■ Goal of the exercise
Your answer should be one number: the count of lines in the records that include the word "then".

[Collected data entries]

+ + + + +

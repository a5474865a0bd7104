// Bytes in words: two lower-case hexadecimal digits each, and a dash for none, so that no word is empty.
ghost use Rattle.std.specs.Prelude.{◌≡◌, ◌<◌, length, IfSome};
ghost use Rattle.io.specs.Counts.{IsPrefixLen};
ghost use Rattle.asking.specs.Hexadecimal.{digit_of, byte_of_pair, pairs_within, spelled_within, said_in};

// How many of the buffer the bytes are that a word says; none where it says none or more than the buffer holds
pub fn read_bytes(word: &[u8], buffer: &mut [u8]) -> Option<usize>
    ensures result_after { said_in buffer.new result ≡ spelled_within (length buffer.old) word.now }
    ensures prefix_len { IfSome result (λ count. IsPrefixLen count buffer.new) }
{
    if word.is_empty() {
        return None;
    }
    if word == b"-".as_slice() {
        return Some(0);
    }
    read_pairs(word, buffer)
}

fn read_pairs(word: &[u8], buffer: &mut [u8]) -> Option<usize>
    ensures result_after { said_in buffer.new result ≡ pairs_within (length buffer.old) word.now }
    ensures prefix_len { IfSome result (λ count. IsPrefixLen count buffer.new) }
{
    let count = word.len() / 2;
    if word.len() % 2 == 1 || buffer.len() < count {
        return None;
    }
    // By index: over pairs zipped with the buffer's bytes, the proof does not close.
    for done in 0..count {
        buffer[done] = byte_of_pair(word[2 * done], word[2 * done + 1])?;
    }
    Some(count)
}

fn byte_of_pair(high: u8, low: u8) -> Option<u8>
    ensures { result ≡ byte_of_pair high low }
{
    Some(digit(high)? * 16 + digit(low)?)
}

// A digit's value: a capital letter has none.
fn digit(sign: u8) -> Option<u8>
    ensures value { result ≡ digit_of sign }
    ensures upper_bound { IfSome result (λ value. value < 16) }
{
    match sign {
        b'0'..=b'9' => Some(sign - b'0'),
        b'a'..=b'f' => Some(sign - b'a' + 10),
        _ => None,
    }
}
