// The answer of a page that was placed: a line a record, then the counts.
ghost use Rattle.std.specs.Prelude.{◌≡◌, ◌*◌, ◌≤◌, length};

use printing::block::Block;
use printing::line::Line;
use reader::Counts;
use std::io::{Result, Write};

pub fn place<W: Write>(
    out: &mut W,
    file: &[u8],
    widths: &[u8],
    resolution: u32,
    page: u32,
    area: &mut [u8],
) -> Result<()> {
    match reader::place_page(file, widths, resolution, page, area) {
        Ok(
            Counts {
                records,
                missing,
                specials,
            },
        ) => {
            print_records(out, area, records)?;
            Line::of(b"end")
                .number(records)
                .number(missing)
                .number(specials)
                .text(b"\n")
                .print(out)
        }
        Err(refusal) => crate::refused(refusal).print(out),
    }
}

// The lines are gathered in a block, so that a page of thousands of records is few writes. No heap: fixed memory, the area is lent and may be longer than its records.
fn print_records<W: Write>(out: &mut W, area: &[u8], records: usize) -> Result<()>
    requires { 20 * records ≤ length area.now }
{
    let mut block = Block::<4096>::empty();
    for record in area[..20 * records].chunks_exact(20) {
        let line = record_line(record);
        block.make_room(out, 160)?;
        block.push(line.held());
    }
    block.print(out)
}

// One record as the program prints it: c or r, then its numbers, the page before the font
fn record_line(placed: &[u8]) -> Line
    requires { length placed.now ≡ 20 }
{
    // 1 is a character, 2 a rule
    let kind = if placed[0] == 1 { b"c" } else { b"r" };
    let font = placed[1];
    let page = numbers::unsigned_at(placed, 2, 2);
    let hh = numbers::signed_at(placed, 4, 4);
    let vv = numbers::signed_at(placed, 8, 4);
    let content = numbers::signed_at(placed, 12, 4);
    let extent = numbers::signed_at(placed, 16, 4);
    Line::of(kind)
        .number(page)
        .number(font)
        .number(hh)
        .number(vv)
        .number(content)
        .number(extent)
        .text(b"\n")
}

+ + + + +

■ Task solution
2